Conference lays out shared vision of strategies and investments needed to catalyze farmer-led irrigation development in Africa

Affordable finance, digital tools and innovation bundles are among the enablers that can help meet Africa’s irrigation potential of 60 million hectares in the next five years. 

A woman farmer inspecting sprinkler-950. Photo: Hamish John Appleby / IWMI
A woman farmer inspecting sprinkler-950. Photo: Hamish John Appleby / IWMI

Affordable finance, digital tools and innovation bundles are among the enablers that can help meet Africa’s irrigation potential of 60 million hectares in the next five years. 

By Thai Thi Minh, Senior Researcher – Innovation Scaling, IWMI and Cecily Layzell, IWMI-Ghana Consultant

“In the era of climate change, irrigation is the game-changer in agricultural transformation and food security,” said Hon. Alhaji Mohammed Tufeiru, Ghana’s Deputy Minister for Food and Agriculture. He made the remark during the opening of the knowledge exchange conference ‘Investing in farmer-led irrigation development in sub-Saharan Africa: Business, research and development practices’ in Accra, Ghana on April 26, 2023.

In small-scale, farmer-led irrigation development (FLID), farmers take the lead in establishing, improving or expanding irrigated agriculture. This can help transform food systems by enhancing climate resilience, increasing and diversifying agricultural production, reducing poverty, and supporting youth and women’s empowerment.

FLID has been part of farming systems for hundreds of years but has recently attracted increased attention from government institutions, donors and development organizations. Despite its huge potential, the pace at which FLID is expanding is slow. Barriers include inadequate policy and legal frameworks, underdeveloped irrigation technology and supply chains, a lack of affordable finance, and limited access to input and output markets.
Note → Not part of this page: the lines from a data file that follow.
//! What names stand for in an expression.

ghost use Rattle.std.specs.Prelude.{◌≡◌, IfOk, IfErr};
ghost use Rattle.std.specs.List.{list_any};
ghost use Rattle.rx_judge.specs.Meaning.{Tells};
ghost use Rattle.rx_judge.specs.Names.{same, truth_named, own_thing, is_visible, thing_of, scope_of};

use crate::fault::{Fault, NoMemory, refused_at};
use crate::table::Table;
use rx_syntax::{NameTree, Named, Rule, Word};
use rx_types::{FieldId, Kind, TypeId};
use std::alloc::Global;

/// What a field holds: numbers of a kind, up to the greatest one, or bytes.
#[derive(Clone, Copy, Debug, PartialEq, Eq)]
pub enum FieldKind {
    Scalar(Kind, u64),
    Bytes,
}

/// A field of the message.
#[derive(Clone, Copy, Debug, PartialEq, Eq)]
pub struct KnownField {
    pub id: FieldId,
    pub kind: FieldKind,
}

/// A literal of an enumeration: the enumeration, and the literal's number.
#[derive(Clone, Copy, Debug, PartialEq, Eq)]
pub struct KnownLiteral {
    pub kind: TypeId,
    pub number: u64,
}

/// The names that an expression of a message may use.
#[derive(Clone, Copy)]
pub struct Scope<'a> {
    pub package: &'a Word,
    pub withs: &'a [Named],
    pub fields: &'a Table<KnownField>,
    pub literals: &'a Table<KnownLiteral>,
}

/// The names that an expression may use; without any, only numbers may stand.
#[derive(Clone, Copy)]
pub enum Names<'a> {
    Nothing,
    Within(Scope<'a>),
}

/// What a name stands for.
#[derive(Clone, Copy, Debug, PartialEq, Eq)]
pub enum Thing {
    Field(KnownField),
    Literal(KnownLiteral),
    Truth(bool),
}

fn truth(word: &Word) -> Option<Thing>
    ensures { result ≡ truth_named word.now }
{
    if word.is("True") {
        Some(Thing::Truth(true))
    } else if word.is("False") {
        Some(Thing::Truth(false))
    } else {
        None
    }
}

fn own_thing(alloc: Global, scope: &Scope<'_>, word: &Word) -> Result<Option<Thing>, NoMemory>
    ensures { IfOk result (λ x. x ≡ own_thing (scope_of scope.now) word.now) }
{
    let name = word.as_str().as_bytes();
    if let Some(field) = scope.fields.find(alloc, b"", name)? {
        return Ok(Some(Thing::Field(field)));
    }
    if let Some(literal) = scope
        .literals
        .find(alloc, scope.package.as_str().as_bytes(), name)?
    {
        return Ok(Some(Thing::Literal(literal)));
    }
    Ok(truth(word))
}

fn is_among(names: &[Named], word: &Word) -> bool
    ensures { result ≡ list_any (λ n. same n.word word.now) names.now }
{
    names.iter().any(|name| name.word.same(word))
}

fn is_visible(scope: &Scope<'_>, package: &Word) -> bool
    ensures { result ≡ is_visible (scope_of scope.now) «package».now }
{
    scope.package.same(package) || is_among(scope.withs, package)
}

/// What the name stands for; UnknownName where it stands for nothing.
pub fn thing_of(alloc: Global, scope: &Scope<'_>, name: &NameTree) -> Result<Thing, Fault>
    ensures thing { IfOk result (λ x. thing_of (scope_of scope.now) name.now ≡ Ok x) }
    ensures refusal { IfErr result (λ e. Tells e (thing_of (scope_of scope.now) name.now)) }
{
    match &name.package {
        None => match own_thing(alloc, scope, &name.name.word)? {
            Some(thing) => Ok(thing),
            None => Err(Fault::Refused(refused_at(alloc, Rule::UnknownName, &name.name)?)),
        },
        Some(package) => {
            if !is_visible(scope, &package.word) {
                return Err(Fault::Refused(refused_at(alloc, Rule::UnknownName, package)?));
            }
            let prefix = package.word.as_str().as_bytes();
            match scope
                .literals
                .find(alloc, prefix, name.name.word.as_str().as_bytes())?
            {
                Some(literal) => Ok(Thing::Literal(literal)),
                None => Err(Fault::Refused(refused_at(alloc, Rule::UnknownName, &name.name)?)),
            }
        }
    }
}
The two-day conference brought together around 90 participants from the public and private sector, donors, researchers and farmers. Hosted by IWMI, the event was jointly sponsored by the USAID-funded Innovation Lab for Small-Scale Irrigation (ILSSI), the CGIAR Initiative on West and Central African Food Systems Transformation, the World Bank and Sun4Water, part of the GIZ initiative Water and Energy for Food (WE4F).
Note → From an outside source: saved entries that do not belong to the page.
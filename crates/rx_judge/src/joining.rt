//! What an operator makes of two expressions.

ghost use Rattle.std.specs.Prelude.{◌≡◌, IfOk, IfErr, true, false, Some};
ghost use Rattle.rx_types.specs.Narrow.{IsShort};
ghost use Rattle.rx_types.specs.Tree.{tree_of, Binary};
ghost use Rattle.rx_judge.specs.Meaning.{Tells};
ghost use Rattle.rx_judge.specs.Kinds.{is_linear};
ghost use Rattle.rx_judge.specs.Form.{HasForm, IsLowForm};
ghost use Rattle.rx_judge.specs.Judged.{about_by, lowness, joined, typed};

use crate::about::{self, About};
use crate::fault::{Fault, NoMemory, refused};
use crate::form::LinearForm;
use crate::judged::Judged;
use rx_syntax::{Place, Rule, Word};
use rx_types::{Expr, Operator};
use std::alloc::Global;

fn about_by(
    alloc: Global,
    owner: &Word,
    operator: Option<Operator>,
    place: Place,
    left: About,
    right: About,
) -> Result<About, Fault>
    requires left { IsShort left.interval }
    requires right { IsShort right.interval }
    ensures meaning { IfOk result (λ x. about_by owner.now operator place left right ≡ Ok x) }
    ensures refusal { IfErr result (λ e. Tells e (about_by owner.now operator place left right)) }
    ensures short { IfOk result (λ x. IsShort x.interval) }
{
    if !about::takes(operator, left, right) {
        return Err(Fault::Refused(refused(alloc, Rule::WrongType, place, owner)?));
    }
    if !about::is_linear(operator, left, right) {
        return Err(Fault::Refused(refused(alloc, Rule::NotLinear, place, owner)?));
    }
    match about::bounds_by(operator, left.interval, right.interval) {
        None => Err(Fault::Refused(refused(alloc, Rule::TooWide, place, owner)?)),
        Some(interval) => Ok(about::about_both(operator, left, right, interval)),
    }
}

fn difference(alloc: Global, left: &Judged, right: &Judged) -> Result<LinearForm, NoMemory>
    ensures { IfOk result (λ f. HasForm f (Binary Operator.Sub (tree_of left.now.expr) (tree_of right.now.expr))) }
{
    let minus = right.form.scaled(alloc, -1)?;
    let form = left.form.sum(alloc, &minus)?;
    Ok(form)
}

fn scaled_right(alloc: Global, left: &Judged, right: &Judged) -> Result<LinearForm, NoMemory>
    requires { left.now.about.is_constant ≡ true }
    ensures { IfOk result (λ f. HasForm f (Binary Operator.Mul (tree_of left.now.expr) (tree_of right.now.expr))) }
{
    let form = right.form.scaled(alloc, left.about.interval.low)?;
    Ok(form)
}

fn scaled_left(alloc: Global, left: &Judged, right: &Judged) -> Result<LinearForm, NoMemory>
    requires constant { left.now.about.is_constant ≡ false }
    requires linear { is_linear (Some Operator.Mul) left.now.about right.now.about ≡ true }
    ensures { IfOk result (λ f. HasForm f (Binary Operator.Mul (tree_of left.now.expr) (tree_of right.now.expr))) }
{
    let form = left.form.scaled(alloc, right.about.interval.low)?;
    Ok(form)
}

fn product(alloc: Global, left: &Judged, right: &Judged) -> Result<LinearForm, NoMemory>
    requires { is_linear (Some Operator.Mul) left.now.about right.now.about ≡ true }
    ensures { IfOk result (λ f. HasForm f (Binary Operator.Mul (tree_of left.now.expr) (tree_of right.now.expr))) }
{
    if left.about.is_constant {
        scaled_right(alloc, left, right)
    } else {
        scaled_left(alloc, left, right)
    }
}

fn sum(alloc: Global, left: &Judged, right: &Judged) -> Result<LinearForm, NoMemory>
    ensures { IfOk result (λ f. HasForm f (Binary Operator.Add (tree_of left.now.expr) (tree_of right.now.expr))) }
{
    let form = left.form.sum(alloc, &right.form)?;
    Ok(form)
}

fn remainder(alloc: Global, left: &Judged, right: &Judged) -> Result<LinearForm, NoMemory>
    requires { is_linear (Some Operator.Mod) left.now.about right.now.about ≡ true }
    ensures { IfOk result (λ f. HasForm f (Binary Operator.Mod (tree_of left.now.expr) (tree_of right.now.expr))) }
{
    let form = left.form.remainder(alloc, right.about.interval.low)?;
    Ok(form)
}

fn form_by(
    alloc: Global,
    operator: Operator,
    left: &Judged,
    right: &Judged,
) -> Result<LinearForm, NoMemory>
    requires { is_linear (Some operator) left.now.about right.now.about ≡ true }
    ensures { IfOk result (λ f. HasForm f (Binary operator (tree_of left.now.expr) (tree_of right.now.expr))) }
{
    match operator {
        Operator::Add => sum(alloc, left, right),
        Operator::Sub => difference(alloc, left, right),
        Operator::Mul => product(alloc, left, right),
        Operator::Div => LinearForm::of_quotient(alloc),
        Operator::Mod => remainder(alloc, left, right),
        _ => Ok(LinearForm::of_none(alloc)),
    }
}

fn low_form(
    alloc: Global,
    owner: &Word,
    operator: Operator,
    place: Place,
    left: &Judged,
    right: &Judged,
) -> Result<LinearForm, Fault>
    requires { is_linear (Some operator) left.now.about right.now.about ≡ true }
    ensures meaning { IfOk result (λ f. lowness owner.now place (Binary operator (tree_of left.now.expr) (tree_of right.now.expr)) ≡ Ok tt) }
    ensures refusal { IfErr result (λ e. Tells e (lowness owner.now place (Binary operator (tree_of left.now.expr) (tree_of right.now.expr)))) }
    ensures form { IfOk result (λ f. HasForm f (Binary operator (tree_of left.now.expr) (tree_of right.now.expr))) }
    ensures low { IfOk result (λ f. IsLowForm f) }
{
    let form = form_by(alloc, operator, left, right)?;
    if !form.is_low() {
        return Err(Fault::Refused(refused(alloc, Rule::TooWide, place, owner)?));
    }
    Ok(form)
}

/// The operator's expression: WrongType, NotLinear or TooWide at the operator where its operands are of the wrong
/// kind, where it is not linear, or where it is too wide.
pub fn joined(
    alloc: Global,
    owner: &Word,
    operator: Option<Operator>,
    place: Place,
    left: Judged,
    right: Judged,
) -> Result<Judged, Fault>
    ensures meaning { IfOk result (λ x. joined owner.now operator place (typed left) (typed right) ≡ Ok (typed x)) }
    ensures refusal { IfErr result (λ e. Tells e (joined owner.now operator place (typed left) (typed right))) }
{
    let about = about_by(alloc, owner, operator, place, left.about, right.about)?;
    match operator {
        None => Ok(Judged {
            expr: Expr::Number(about.interval.low),
            about,
            form: LinearForm::of_none(alloc),
        }),
        Some(operator) => {
            let form = low_form(alloc, owner, operator, place, &left, &right)?;
            let expr = Expr::binary(alloc, operator, left.expr, right.expr)?;
            Ok(Judged { expr, about, form })
        }
    }
}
A program of plenary sessions provided an opportunity to share knowledge among the various stakeholders. Meanwhile, the parallel sessions served as learning and exchange deep dives on topics covering water and environmental sustainability, innovation, inclusion and financing.

Catalyzing FLID: what’s needed?

The conference culminated with a shared vision of the strategies and investments needed to take FLID to scale in the next five years. While challenges remain across the small-scale irrigation sector, participants spotlighted a range of promising solutions that have been or are being developed. In addition, the recognition of and enthusiasm for multi-actor partnership as an enabler of FLID was clear from the interactive discussions and networking during the breaks.

Several focus areas were identified.

  • Financing: limited access to affordable finance is a major obstacle to farmers who want to invest in irrigation. Financing models such as pay-as-you-go and pay-as-you-use, matching grants and other co-funding arrangements can bring down upfront costs for farmers and de-risk the irrigation market for private sector equipment suppliers. However, the real danger of a high debt burden for farmers requires careful attention.
  • Policy: An enabling policy environment is missing in many countries. Smart incentives, tax exemptions and smoother import procedures are some of the ways that governments can reduce technology costs and spur irrigation uptake.
  • Innovation: innovative tools, technologies and approaches that address the barriers to FLID are gaining ground. In addition, an increasing number of actors are bundling complementary innovations for greater impact. Examples include solar-powered pumps bundled with pay-as-you-go financing, solar irrigation suitability mapping and agronomic training.
  • Digitalization: existing irrigation-related digital tools include pump sizing, maintenance and payment apps. Further digitalization, such as real-time pricing information for input and output markets, could help irrigating farmers maximize their return on investment and encourage other farmers to adopt irrigation. The importance of data-driven planning and monitoring tools to improve water governance and prevent overexploitation of water resources was also widely discussed.
  • Inclusion: women and youth are often overlooked or sidelined in irrigation planning, decision-making and marketing efforts. New strategies are needed to reach these groups, such as employing women sales agents and minimizing the risk of failure by improving access to other inputs like seeds. At the same time, existing approaches can sometimes be adjusted to be more inclusive. A promising example is the incorporation of gender-sensitive criteria in standard creditworthiness checks for women farmers looking to buy irrigation technologies.
  • Capacity building: scaling FLID requires building capacity across the irrigation sector. Multi-stakeholder dialogues, private sector internships and the development of irrigation-related university curricula are starting to bridge knowledge and capacity gaps. However, more initiatives like this are needed.

Taking FLID forward

The shared vision will guide activities and investments in the next five years to help realize what IWMI’s West Africa Representative Olufunke Cofie described as FLID’s “big and transformational” potential in sub-Saharan Africa.

Her words were echoed by Lorenzo Carrera, Sector Leader, Sustainable Development at the World Bank, who praised the many “practical solutions for tangible impacts” that were presented and discussed.

Among these discussions, participants frequently referred to the inspiring case of the Uganda Micro-scale Irrigation Program. Allan Ollando, Senior Engineer at the Ministry of Agriculture, Animal Industry and Fisheries, presented the innovative approaches introduced to help individual smallholders overcome financial and knowledge constraints, develop irrigation and transition from mostly subsistence to more commercial agriculture. Financial constraints are tackled through a partial subsidy, which reduces the cost of the equipment for farmers, combined with facilitated access to credit. Meanwhile, awareness raising, the establishment of demonstration sites and organization of farmers field schools helps overcome knowledge constraints. Finally, a digital platform facilitates data collection and sharing with equipment suppliers, financial institutions and produce offtakers, and enables the government to track performance and plan sustainably.

Macben Makenzi, technical advisor for Sun4Water, added that overcoming regional crises requires building a community and jointly advancing cross-sectoral strategies to achieve resilient agri-food-water systems.

As participants head back to their countries, it is hoped that the shared vision will serve to embed FLID more firmly in agricultural policies and practices and make irrigation a reality for millions of African farmers.